Torsion homology growth of polynomially growing free-by-cyclic groups (Q6635520)

Several mathematicians have studied the notions related to homology growth for CW-complexes, such as Betti numbers, minimal numbers of generators of singular homology, order of singular homology torsion, torsion invariants etc. In 2013, \textit{W. Lück} [Geom. Funct.

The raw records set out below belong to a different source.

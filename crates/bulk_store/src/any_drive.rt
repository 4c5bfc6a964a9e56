ghost use Rattle.std.specs.Prelude.{◌≡◌, ◌≤◌, ◌<◌, ◌+◌, false, true, [], Some, length, slice_index_or, slice_set, OnOk};
ghost use Rattle.std.specs.Prelude.{OnErr};
ghost use Rattle.site_io.specs.Faults.{Rose};
ghost use Rattle.volumes.specs.FailLine.{named_calls, HasFewFaults, IsOneMore};
ghost use Rattle.volumes.specs.FullPages.{HaveFullPages};
ghost use Rattle.volumes.specs.CoreDrive.{faults_of};
ghost use Rattle.bulk_store.specs.AnyDrive.{disk_of, any_pages, any_places, HasReadAny, HasWrittenAny};

use crate::core_bulk::CoreBulk;
use mword::Page;
use site_io::Failed;
use volumes::{CoreDrive, Drive};

/// A drive in core, with or without a fast store before it.
///
/// Its plan is the lines that name failing calls of its disk, and its count of faults is the number of its disk's calls
/// so far that these lines name. (Source: own.)
#[derive(Drop)]
pub enum AnyDrive {
    /// The disk alone.
    Plain(CoreDrive),
    /// A fast store, which never fails, before the disk.
    Bulk(CoreBulk),
}

impl AnyDrive {
    /// The reads and the writes of its disk so far, each counted to 2^64 - 1, the failing ones too.
    /// (Source: own.)
    pub fn calls(&self) -> (u64, u64)
        ensures calls { result ≡ ((disk_of self.now).reads, (disk_of self.now).writes) }
        ensures faults { faults_of (disk_of self.now) ≡ named_calls (disk_of self.now).fails false result.0
            + named_calls (disk_of self.now).fails true result.1 }
    {
        match self {
            AnyDrive::Plain(drive) => drive.calls(),
            AnyDrive::Bulk(bulk) => bulk.store().disk().calls(),
        }
    }
}

impl Drive for AnyDrive {
    ghost use Rattle.std.specs.Prelude.{Some};
    ghost use Rattle.volumes.specs.CoreDrive.{faults_of};
    ghost use Rattle.bulk_store.specs.AnyDrive.{disk_of, any_pages, any_places};

    ghost pages = { any_pages };

    ghost faults = { λ a. faults_of (disk_of a) };

    ghost plan = { λ a. Some (disk_of a).fails };

    ghost places = { any_places };

    fn size(&self) -> u32
        ensures size { result ≡ length (any_pages self.now) }
        ensures few { HasFewFaults (Some (disk_of self.now).fails) (faults_of (disk_of self.now)) }
        ensures full { HaveFullPages (any_pages self.now) }
    {
        match self {
            AnyDrive::Plain(drive) => drive.size(),
            AnyDrive::Bulk(bulk) => bulk.size(),
        }
    }

    fn read_page(&mut self, r: u32, to: &mut Page) -> Result<(), Failed>
        requires { r < length (any_pages self.old) }
        ensures ok { OnOk result (to.new ≡ slice_index_or (any_pages self.old) r []) }
        ensures err { OnErr result (to.new ≡ to.old) }
        ensures pages { any_pages self.new ≡ any_pages self.old }
        ensures does { HasReadAny self.old self.new r result }
        ensures told { OnOk result (faults_of (disk_of self.new) ≡ faults_of (disk_of self.old)) }
        ensures once { OnErr result (IsOneMore (faults_of (disk_of self.old)) (faults_of (disk_of self.new))) }
        ensures rose { OnErr result (Rose (faults_of (disk_of self.old)) (faults_of (disk_of self.new))) }
        ensures grows { faults_of (disk_of self.old) ≤ faults_of (disk_of self.new) }
        ensures plan { (disk_of self.new).fails ≡ (disk_of self.old).fails }
        ensures places { any_places self.new ≡ any_places self.old }
        ensures few { HasFewFaults (Some (disk_of self.new).fails) (faults_of (disk_of self.new)) }
    {
        match self {
            AnyDrive::Plain(drive) => drive.read_page(r, to),
            AnyDrive::Bulk(bulk) => bulk.read_page(r, to),
        }
    }

    fn write_page(&mut self, r: u32, from: &Page) -> Result<(), Failed>
        requires { r < length (any_pages self.old) }
        ensures ok { OnOk result (any_pages self.new ≡ slice_set (any_pages self.old) r from.now) }
        ensures err { OnErr result (any_pages self.new ≡ any_pages self.old) }
        ensures full { HaveFullPages (any_pages self.new) }
        ensures does { HasWrittenAny self.old self.new r from.now result }
        ensures told { OnOk result (faults_of (disk_of self.new) ≡ faults_of (disk_of self.old)) }
        ensures once { OnErr result (IsOneMore (faults_of (disk_of self.old)) (faults_of (disk_of self.new))) }
        ensures rose { OnErr result (Rose (faults_of (disk_of self.old)) (faults_of (disk_of self.new))) }
        ensures grows { faults_of (disk_of self.old) ≤ faults_of (disk_of self.new) }
        ensures plan { (disk_of self.new).fails ≡ (disk_of self.old).fails }
        ensures places { any_places self.new ≡ any_places self.old }
        ensures few { HasFewFaults (Some (disk_of self.new).fails) (faults_of (disk_of self.new)) }
    {
        match self {
            AnyDrive::Plain(drive) => drive.write_page(r, from),
            AnyDrive::Bulk(bulk) => bulk.write_page(r, from),
        }
    }
}
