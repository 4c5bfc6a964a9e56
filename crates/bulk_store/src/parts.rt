ghost use Rattle.std.specs.Prelude.{◌≡◌, ◌<◌, None, IfSome, IfNone, length, OnOk, OnErr};
ghost use Rattle.site_io.specs.Faults.{Rose};
ghost use Rattle.volumes.specs.FailLine.{IsOneMore};
ghost use Rattle.bulk_store.specs.Held.{place_of};
ghost use Rattle.bulk_store.specs.Pages.{page_of};
ghost use Rattle.bulk_store.specs.Contents.{contents, IsStore, GoesOn};
ghost use Rattle.bulk_store.specs.Contents.{gave_up_oldest, took_in, wrote, wrote_new, CountsBoth, HasWritten};

use crate::index::Index;
use mword::Page;
use site_io::Failed;
use volumes::Drive;

/// What a bulk store consists of: its two drives, the list of what is held, and a page that carries the oldest from the
/// fast store to the disk. (Source: own.)
#[derive(Drop)]
pub(crate) struct Parts<F: Drive, D: Drive> {
    pub(crate) fast: F,
    pub(crate) disk: D,
    pub(crate) table: Index,
    pub(crate) buffer: Page,
}

impl<F: Drive, D: Drive> Parts<F, D> {
    /// Takes the oldest page out, once the disk has it. After `Failed` the list and all pages are as before.
    fn give_up_oldest(&mut self) -> Result<(), Failed>
        requires store { IsStore (contents F.pages D.pages self.old) }
        requires full { length self.old.table.held ≡ self.old.table.room }
        ensures ok { OnOk result (contents F.pages D.pages self.new
            ≡ gave_up_oldest (contents F.pages D.pages self.old)) }
        ensures err { OnErr result (contents F.pages D.pages self.new ≡ contents F.pages D.pages self.old) }
        ensures counts { CountsBoth (F.faults self.old.fast) (F.faults self.new.fast) (D.faults self.old.disk)
            (D.faults self.new.disk) result }
        ensures fast { GoesOn F.pages F.plan F.faults self.old.fast self.new.fast }
        ensures disk { GoesOn D.pages D.plan D.faults self.old.disk self.new.disk }
    {
        let oldest = self.table.oldest();
        self.fast.read_page(oldest.place, &mut self.buffer)?;
        self.disk.write_page(oldest.number, &self.buffer)?;
        self.table.give_up_oldest();
        Ok(())
    }

    /// Puts the page of record `r`, which isn't held, into the least free place. After `Failed` nothing has changed.
    fn take_in(&mut self, r: u32, from: &Page) -> Result<(), Failed>
        requires store { IsStore (contents F.pages D.pages self.old) }
        requires room { length self.old.table.held < self.old.table.room }
        requires within { r < length (D.pages self.old.disk) }
        ensures ok { OnOk result (contents F.pages D.pages self.new
            ≡ took_in (contents F.pages D.pages self.old) r from.now) }
        ensures err { OnErr result (contents F.pages D.pages self.new ≡ contents F.pages D.pages self.old) }
        ensures rose { OnErr result (Rose (F.faults self.old.fast) (F.faults self.new.fast)) }
        ensures told { OnOk result (F.faults self.new.fast ≡ F.faults self.old.fast) }
        ensures once { OnErr result (IsOneMore (F.faults self.old.fast) (F.faults self.new.fast)) }
        ensures fast { GoesOn F.pages F.plan F.faults self.old.fast self.new.fast }
        ensures disk { self.new.disk ≡ self.old.disk }
    {
        self.fast.write_page(self.table.free_place(), from)?;
        self.table.add(r);
        Ok(())
    }

    /// Makes the page of record `r`, which isn't held, the page `from`; where no place is free, the oldest gives way.
    fn write_new(&mut self, r: u32, from: &Page) -> Result<(), Failed>
        requires store { IsStore (contents F.pages D.pages self.old) }
        requires out { place_of self.old.table.held r ≡ None }
        requires within { r < length (D.pages self.old.disk) }
        ensures ok { OnOk result (contents F.pages D.pages self.new
            ≡ wrote_new (contents F.pages D.pages self.old) r from.now) }
        ensures written { HasWritten F.pages F.plan F.faults D.pages D.plan D.faults self.old self.new r result }
    {
        if self.table.has_free_place() {
            return self.take_in(r, from);
        }
        self.give_up_oldest()?;
        self.take_in(r, from)
    }

    /// Makes the page of record `r` the page `from`.
    pub(crate) fn write(&mut self, r: u32, from: &Page) -> Result<(), Failed>
        requires store { IsStore (contents F.pages D.pages self.old) }
        requires within { r < length (D.pages self.old.disk) }
        ensures ok { OnOk result (contents F.pages D.pages self.new
            ≡ wrote (contents F.pages D.pages self.old) r from.now) }
        ensures written { HasWritten F.pages F.plan F.faults D.pages D.plan D.faults self.old self.new r result }
    {
        match self.table.place(r) {
            Some(place) => self.fast.write_page(place, from),
            None => self.write_new(r, from),
        }
    }

    /// Reads the page of record `r` into `to`, from where it is.
    pub(crate) fn read(&mut self, r: u32, to: &mut Page) -> Result<(), Failed>
        requires store { IsStore (contents F.pages D.pages self.old) }
        requires within { r < length (D.pages self.old.disk) }
        ensures ok { OnOk result (to.new
            ≡ page_of (F.pages self.old.fast) (D.pages self.old.disk) self.old.table.held r) }
        ensures err { OnErr result (to.new ≡ to.old) }
        ensures same { contents F.pages D.pages self.new ≡ contents F.pages D.pages self.old }
        ensures fast { GoesOn F.pages F.plan F.faults self.old.fast self.new.fast }
        ensures disk { GoesOn D.pages D.plan D.faults self.old.disk self.new.disk }
        ensures counts { CountsBoth (F.faults self.old.fast) (F.faults self.new.fast) (D.faults self.old.disk)
            (D.faults self.new.disk) result }
        ensures held { IfSome (place_of self.old.table.held r) (λ _. self.new.disk ≡ self.old.disk) }
        ensures held_rose { OnErr result (IfSome (place_of self.old.table.held r)
            (λ _. Rose (F.faults self.old.fast) (F.faults self.new.fast))) }
        ensures other { IfNone (place_of self.old.table.held r) (self.new.fast ≡ self.old.fast) }
        ensures other_rose { OnErr result (IfNone (place_of self.old.table.held r)
            (Rose (D.faults self.old.disk) (D.faults self.new.disk))) }
    {
        match self.table.place(r) {
            Some(place) => self.fast.read_page(place, to),
            None => self.disk.read_page(r, to),
        }
    }
}
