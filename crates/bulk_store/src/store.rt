ghost use Rattle.std.specs.Prelude.{◌≡◌, ◌<◌, ◌⊎◌, [], IfOk, IfSome, IfNone, length, slice_index_or, slice_set, OnOk};
ghost use Rattle.std.specs.Prelude.{OnErr, IsTrue};
ghost use Rattle.site_io.specs.Faults.{Rose};
ghost use Rattle.volumes.specs.FailLine.{HasFewFaults};
ghost use Rattle.volumes.specs.FullPages.{HaveFullPages};
ghost use Rattle.bulk_store.specs.Held.{place_of, is_fast_write, BulkAfter};
ghost use Rattle.bulk_store.specs.Contents.{CountsBoth, GoesOn};
ghost use Rattle.bulk_store.specs.Store.{store_pages, store_faults, store_plan, disk_after, FailedWrite};

use crate::NoMemory;
use crate::index::Index;
use crate::parts::Parts;
use mword::Page;
use site_io::Failed;
use std::alloc::Global;
use std::marker::Model;
use volumes::Drive;

/// A fast store that stands before a disk. Pages written go to the fast store; when it is full, its oldest page goes to
/// the disk. It is seen as the two drives and the records that the fast store holds, the oldest first. (Source: own.)
#[derive(Drop)]
pub struct BulkStore<F: Drive, D: Drive> {
    parts: Parts<F, D>,
}

impl<F: Drive, D: Drive> Model for BulkStore<F, D> {
    ghost use Rattle.volumes.specs.FailLine.{HasFewFaults};
    ghost use Rattle.volumes.specs.FullPages.{HaveFullPages};
    ghost use Rattle.bulk_store.specs.Store.{Store};
    ghost use Rattle.bulk_store.specs.Contents.{contents, IsStore};

    ghost Value = { Store F D };

    ghost view = { λ s. record { fast = s.parts.fast; disk = s.parts.disk; held = s.parts.table.held } };

    ghost invariant = { λ s. IsStore (contents F.pages D.pages s.parts)
        × HasFewFaults (F.plan s.parts.fast) (F.faults s.parts.fast)
        × HasFewFaults (D.plan s.parts.disk) (D.faults s.parts.disk)
        × HaveFullPages (F.pages s.parts.fast) × HaveFullPages (D.pages s.parts.disk) };
}

impl<F: Drive, D: Drive> BulkStore<F, D> {
    /// A store that holds nothing, over a fast store of at least one page and a disk.
    ///
    /// `NoMemory` is want of memory. It takes 8 KiB for a page, and 8 bytes for each place and disk page.
    /// (Source: own.)
    pub fn new(alloc: Global, fast: F, disk: D) -> Result<BulkStore<F, D>, NoMemory>
        requires { 0 < length (F.pages fast) }
        ensures made { IfOk result (λ s. s ≡ record { fast = fast; disk = disk; held = [] }) }
        ensures pages { IfOk result (λ s. store_pages F.pages D.pages s ≡ D.pages disk) }
    {
        let table = Index::new(alloc, fast.size(), disk.size())?;
        let buffer = Page::zero(alloc)?;
        Ok(BulkStore {
            parts: Parts {
                fast,
                disk,
                table,
                buffer,
            },
        })
    }

    /// The fast store's page that has record `r`. None exactly where the fast store doesn't hold it. It reads an index.
    /// (Source: own.)
    pub fn held(&self, r: u32) -> Option<u32>
        ensures { result ≡ place_of self.now.held r }
    {
        self.parts.table.place(r)
    }

    /// The fast store, as a drive of its own. (Source: own.)
    pub fn fast(&self) -> &F
        ensures { result.now ≡ self.now.fast }
    {
        &self.parts.fast
    }

    /// The disk after the fast store. (Source: own.)
    pub fn disk(&self) -> &D
        ensures { result.now ≡ self.now.disk }
    {
        &self.parts.disk
    }
}

impl<F: Drive, D: Drive> Drive for BulkStore<F, D> {
    ghost use Rattle.std.specs.Prelude.{length};
    ghost use Rattle.bulk_store.specs.Store.{store_pages, store_faults, store_plan};

    ghost pages = { λ s. store_pages F.pages D.pages s };

    ghost faults = { λ s. store_faults F.faults D.faults s };

    ghost plan = { λ s. store_plan F.plan D.plan s };

    ghost places = { λ s. length (F.pages s.fast) };

    fn size(&self) -> u32
        ensures size { result ≡ length (store_pages F.pages D.pages self.now) }
        ensures disk { result ≡ length (D.pages self.now.disk) }
        ensures few { HasFewFaults (store_plan F.plan D.plan self.now) (store_faults F.faults D.faults self.now) }
        ensures full { HaveFullPages (store_pages F.pages D.pages self.now) }
    {
        self.parts.disk.size()
    }

    fn read_page(&mut self, r: u32, to: &mut Page) -> Result<(), Failed>
        requires { r < length (store_pages F.pages D.pages self.old) }
        ensures ok { OnOk result (to.new ≡ slice_index_or (store_pages F.pages D.pages self.old) r []) }
        ensures err { OnErr result (to.new ≡ to.old) }
        ensures pages { store_pages F.pages D.pages self.new ≡ store_pages F.pages D.pages self.old }

        // Why it may fail: by the drive that has the page. The other isn't called.
        ensures held { IfSome (place_of self.old.held r) (λ _. self.new.disk ≡ self.old.disk) }
        ensures held_rose { OnErr result (IfSome (place_of self.old.held r)
            (λ _. Rose (F.faults self.old.fast) (F.faults self.new.fast))) }
        ensures other { IfNone (place_of self.old.held r) (self.new.fast ≡ self.old.fast) }
        ensures other_rose { OnErr result (IfNone (place_of self.old.held r)
            (Rose (D.faults self.old.disk) (D.faults self.new.disk))) }
        ensures counts { CountsBoth (F.faults self.old.fast) (F.faults self.new.fast) (D.faults self.old.disk)
            (D.faults self.new.disk) result }

        // What becomes of the rest.
        ensures list { self.new.held ≡ self.old.held }
        ensures fast_pages { F.pages self.new.fast ≡ F.pages self.old.fast }
        ensures disk_pages { D.pages self.new.disk ≡ D.pages self.old.disk }
        ensures fast { GoesOn F.pages F.plan F.faults self.old.fast self.new.fast }
        ensures disk { GoesOn D.pages D.plan D.faults self.old.disk self.new.disk }
        ensures few { HasFewFaults (store_plan F.plan D.plan self.new) (store_faults F.faults D.faults self.new) }
    {
        self.parts.read(r, to)
    }

    fn write_page(&mut self, r: u32, from: &Page) -> Result<(), Failed>
        requires { r < length (store_pages F.pages D.pages self.old) }
        ensures ok { OnOk result (store_pages F.pages D.pages self.new
            ≡ slice_set (store_pages F.pages D.pages self.old) r from.now) }
        ensures err { OnErr result (store_pages F.pages D.pages self.new ≡ store_pages F.pages D.pages self.old) }
        ensures full { HaveFullPages (store_pages F.pages D.pages self.new) }

        // What is held, and what the disk has.
        ensures list { OnOk result (BulkAfter (length (F.pages self.old.fast)) self.old.held r self.new.held) }
        ensures disk_pages { OnOk result (D.pages self.new.disk
            ≡ disk_after (F.pages self.old.fast) (D.pages self.old.disk) self.old.held r) }
        ensures failed { OnErr result (FailedWrite (F.pages self.old.fast) (D.pages self.old.disk) self.old.held r
            (D.pages self.new.disk) self.new.held) }

        // Why it may fail: by the fast store alone where the record is held or a place is free.
        ensures alone { IsTrue (is_fast_write (length (F.pages self.old.fast)) self.old.held r)
            → self.new.disk ≡ self.old.disk }
        ensures cause { IsTrue (is_fast_write (length (F.pages self.old.fast)) self.old.held r)
            → OnErr result (Rose (F.faults self.old.fast) (F.faults self.new.fast)) }
        ensures either { OnErr result (Rose (F.faults self.old.fast) (F.faults self.new.fast)
            ⊎ Rose (D.faults self.old.disk) (D.faults self.new.disk)) }
        ensures counts { CountsBoth (F.faults self.old.fast) (F.faults self.new.fast) (D.faults self.old.disk)
            (D.faults self.new.disk) result }

        // What becomes of the rest.
        ensures places { length (F.pages self.new.fast) ≡ length (F.pages self.old.fast) }
        ensures fast { GoesOn F.pages F.plan F.faults self.old.fast self.new.fast }
        ensures disk { GoesOn D.pages D.plan D.faults self.old.disk self.new.disk }
        ensures few { HasFewFaults (store_plan F.plan D.plan self.new) (store_faults F.faults D.faults self.new) }
    {
        self.parts.write(r, from)
    }
}
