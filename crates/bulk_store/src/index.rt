ghost use Rattle.std.specs.Prelude.{◌≡◌, ◌<◌, ◌^◌, ◌+◌, length, None, replicate, nat_lt, slice_index_or, IfOk};
ghost use Rattle.bulk_store.specs.Held.{oldest_of};
ghost use Rattle.bulk_store.specs.Index.{empty_index, with_record, without_oldest};

use crate::NoMemory;
use circular_buffer::HeapCircularBuffer;
use std::alloc::Global;
use std::marker::Model;

/// A record whose page the fast store holds, and the place of the page there. (Source: own.)
#[derive(Clone, Copy)]
pub struct Held {
    /// The number of the record.
    pub number: u32,
    /// The number of the fast store's page that has it.
    pub place: u32,
}

/// The records that a fast store holds, the oldest first, with an index by record. (Source: own.)
#[derive(Drop)]
pub(crate) struct Index {
    held: HeapCircularBuffer<Held>,
    places: Vec<Option<u32>>,
    free: u32,
    used: u32,
}

impl Model for Index {
    ghost use Rattle.bulk_store.specs.Index.{Holdings};

    ghost Value = { Holdings };

    ghost view = { λ t. record {
      held = t.held.items;
      room = t.held.capacity;
      places = t.places.items;
      free = t.free;
      used = t.used;
    } };
}

impl Index {
    /// Nothing is held, with so many places for so many records. `NoMemory` is want of memory.
    pub(crate) fn new(alloc: Global, room: u32, records: u32) -> Result<Index, NoMemory>
        ensures { IfOk result (λ t. t ≡ empty_index room records) }
    {
        Ok(Index {
            held: HeapCircularBuffer::with_capacity(alloc, room as usize)?,
            places: vec![in alloc; None; records as usize]?,
            free: 0,
            used: 0,
        })
    }

    /// The place of record `r`, if it is held. It reads the index.
    pub(crate) fn place(&self, r: u32) -> Option<u32>
        ensures { result ≡ slice_index_or self.now.places r None }
    {
        match self.places.get(r as usize) {
            Some(place) => *place,
            None => None,
        }
    }

    /// Whether a place is free. It compares two numbers.
    pub(crate) fn has_free_place(&self) -> bool
        ensures { result ≡ nat_lt (length self.now.held) self.now.room }
    {
        self.held.len() < self.held.capacity()
    }

    /// The least free place, or the number of places where none is free. It reads a number.
    pub(crate) fn free_place(&self) -> u32
        ensures { result ≡ self.now.free }
    {
        self.free
    }

    /// The record that came in first, with its place. It reads the front of the list.
    pub(crate) fn oldest(&self) -> Held
        requires { 0 < length self.now.held }
        ensures { result ≡ oldest_of self.now.held }
    {
        match self.held.front() {
            Some(oldest) => *oldest,
            None => unreachable!(),
        }
    }

    /// Puts record `r` into the least free place, as the newest. It changes the list's end and one entry of the index.
    pub(crate) fn add(&mut self, r: u32)
        requires record { r < length self.old.places }
        requires room { length self.old.held < self.old.room }
        requires place { self.old.free + 1 < 2 ^ 32 }
        ensures { self.new ≡ with_record self.old r }
    {
        let place = self.free;
        match self.held.try_push_back(Held { number: r, place }) {
            Ok(()) => {}
            Err(_) => unreachable!(),
        }
        self.places[r as usize] = Some(place);
        self.used = self.used.max(place + 1);
        self.free = self.used;
    }

    /// Takes the oldest out, so that its place is free. It changes the list's front and one entry of the index.
    pub(crate) fn give_up_oldest(&mut self)
        requires some { 0 < length self.old.held }
        requires record { (oldest_of self.old.held).number < length self.old.places }
        ensures { self.new ≡ without_oldest self.old }
    {
        match self.held.pop_front() {
            Some(oldest) => {
                self.places[oldest.number as usize] = None;
                self.free = oldest.place;
            }
            None => unreachable!(),
        }
    }
}
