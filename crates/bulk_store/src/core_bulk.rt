ghost use Rattle.std.specs.Prelude.{◌≡◌, ◌≤◌, ◌<◌, [], Some, length, slice_index_or, slice_set, IfOk, IfSome, OnOk};
ghost use Rattle.std.specs.Prelude.{OnErr, IsOk, IsTrue};
ghost use Rattle.site_io.specs.Faults.{Rose};
ghost use Rattle.volumes.specs.FailLine.{HasFewFaults, IsOneMore};
ghost use Rattle.volumes.specs.FullPages.{HaveFullPages};
ghost use Rattle.volumes.specs.CoreDrive.{faults_of};
ghost use Rattle.bulk_store.specs.Held.{place_of, is_fast_write};
ghost use Rattle.bulk_store.specs.CoreBulk.{core_pages, fresh_store, HasReadBulk, HasWrittenBulk};

use crate::NoMemory;
use crate::store::BulkStore;
use mword::Page;
use site_io::Failed;
use std::alloc::Global;
use std::marker::Model;
use volumes::{CoreDrive, Drive};

/// A bulk store whose drives are in core, and whose fast store never fails: the lines that name failing calls are the
/// disk's. It is seen as the bulk store that it is. (Source: own.)
#[derive(Drop)]
pub struct CoreBulk {
    store: BulkStore<CoreDrive, CoreDrive>,
}

impl Model for CoreBulk {
    ghost use Rattle.bulk_store.specs.CoreBulk.{CoreStore, IsSure};

    ghost Value = { CoreStore };

    ghost view = { λ b. b.store };

    ghost invariant = { λ b. IsSure b.store };
}

impl CoreBulk {
    /// A fast store of `places` pages of zeros, at least one, before `disk`.
    ///
    /// `NoMemory` is want of memory. It takes 8 KiB for each place, and what the bulk store takes. (Source: own.)
    pub fn new(alloc: Global, places: u32, disk: CoreDrive) -> Result<CoreBulk, NoMemory>
        requires { 0 < places }
        ensures made { IfOk result (λ b. b ≡ fresh_store places disk) }
        ensures pages { IfOk result (λ b. core_pages b ≡ disk.pages) }
    {
        let fast = CoreDrive::new(alloc, places, Vec::new(alloc))?;
        let store = BulkStore::new(alloc, fast, disk)?;
        Ok(CoreBulk { store })
    }

    /// The bulk store. (Source: own.)
    pub fn store(&self) -> &BulkStore<CoreDrive, CoreDrive>
        ensures { result.now ≡ self.now }
    {
        &self.store
    }
}

impl Drive for CoreBulk {
    ghost use Rattle.std.specs.Prelude.{Some, length};
    ghost use Rattle.volumes.specs.CoreDrive.{faults_of};
    ghost use Rattle.bulk_store.specs.CoreBulk.{core_pages};

    ghost pages = { core_pages };

    ghost faults = { λ s. faults_of s.disk };

    ghost plan = { λ s. Some s.disk.fails };

    ghost places = { λ s. length s.fast.pages };

    fn size(&self) -> u32 {
        self.store.size()
    }

    fn read_page(&mut self, r: u32, to: &mut Page) -> Result<(), Failed>
        requires { r < length (core_pages self.old) }
        ensures ok { OnOk result (to.new ≡ slice_index_or (core_pages self.old) r []) }
        ensures err { OnErr result (to.new ≡ to.old) }
        ensures pages { core_pages self.new ≡ core_pages self.old }
        ensures bulk { HasReadBulk self.old self.new r }
        ensures sure { IfSome (place_of self.old.held r) (λ _. IsOk result) }
        ensures told { OnOk result (faults_of self.new.disk ≡ faults_of self.old.disk) }
        ensures once { OnErr result (IsOneMore (faults_of self.old.disk) (faults_of self.new.disk)) }
        ensures rose { OnErr result (Rose (faults_of self.old.disk) (faults_of self.new.disk)) }
        ensures grows { faults_of self.old.disk ≤ faults_of self.new.disk }
        ensures plan { self.new.disk.fails ≡ self.old.disk.fails }
        ensures places { length self.new.fast.pages ≡ length self.old.fast.pages }
        ensures few { HasFewFaults (Some self.new.disk.fails) (faults_of self.new.disk) }
    {
        self.store.read_page(r, to)
    }

    fn write_page(&mut self, r: u32, from: &Page) -> Result<(), Failed>
        requires { r < length (core_pages self.old) }
        ensures ok { OnOk result (core_pages self.new ≡ slice_set (core_pages self.old) r from.now) }
        ensures err { OnErr result (core_pages self.new ≡ core_pages self.old) }
        ensures full { HaveFullPages (core_pages self.new) }
        ensures bulk { HasWrittenBulk self.old self.new r result }
        ensures sure { IsTrue (is_fast_write (length self.old.fast.pages) self.old.held r) → IsOk result }
        ensures told { OnOk result (faults_of self.new.disk ≡ faults_of self.old.disk) }
        ensures once { OnErr result (IsOneMore (faults_of self.old.disk) (faults_of self.new.disk)) }
        ensures rose { OnErr result (Rose (faults_of self.old.disk) (faults_of self.new.disk)) }
        ensures grows { faults_of self.old.disk ≤ faults_of self.new.disk }
        ensures plan { self.new.disk.fails ≡ self.old.disk.fails }
        ensures places { length self.new.fast.pages ≡ length self.old.fast.pages }
        ensures few { HasFewFaults (Some self.new.disk.fails) (faults_of self.new.disk) }
    {
        self.store.write_page(r, from)
    }
}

Anal. 23, No. 2, 622--663 (2013; Zbl 1273.22009)] conjectured an approximation theorem for the \(\ell^2\)-torsion and the integral torsion for infinite residually finite \(\ell^2\)-acyclic group of type VF. He also gave some evidence towards the conjecture by proving it for fundamental groups of closed aspherical manifolds which admit nontrivial \(S^1\)-action.\N\NIn the paper under review, the authors verify this conjecture for groups \(G = F^n \rtimes_{\phi} \mathbb{Z}\) which are (finitely generated) free-by-(infinite)cyclic \(\langle\phi\rangle\), where \(\phi\) is polynomially growing. The main tool to compute the homology torsion growth is something called the cheap rebuilding property introduced in a recent important paper [``On homology torsion growth'', Preprint, \url{arXiv:2106.13051}] by \textit{M. Abert} et al.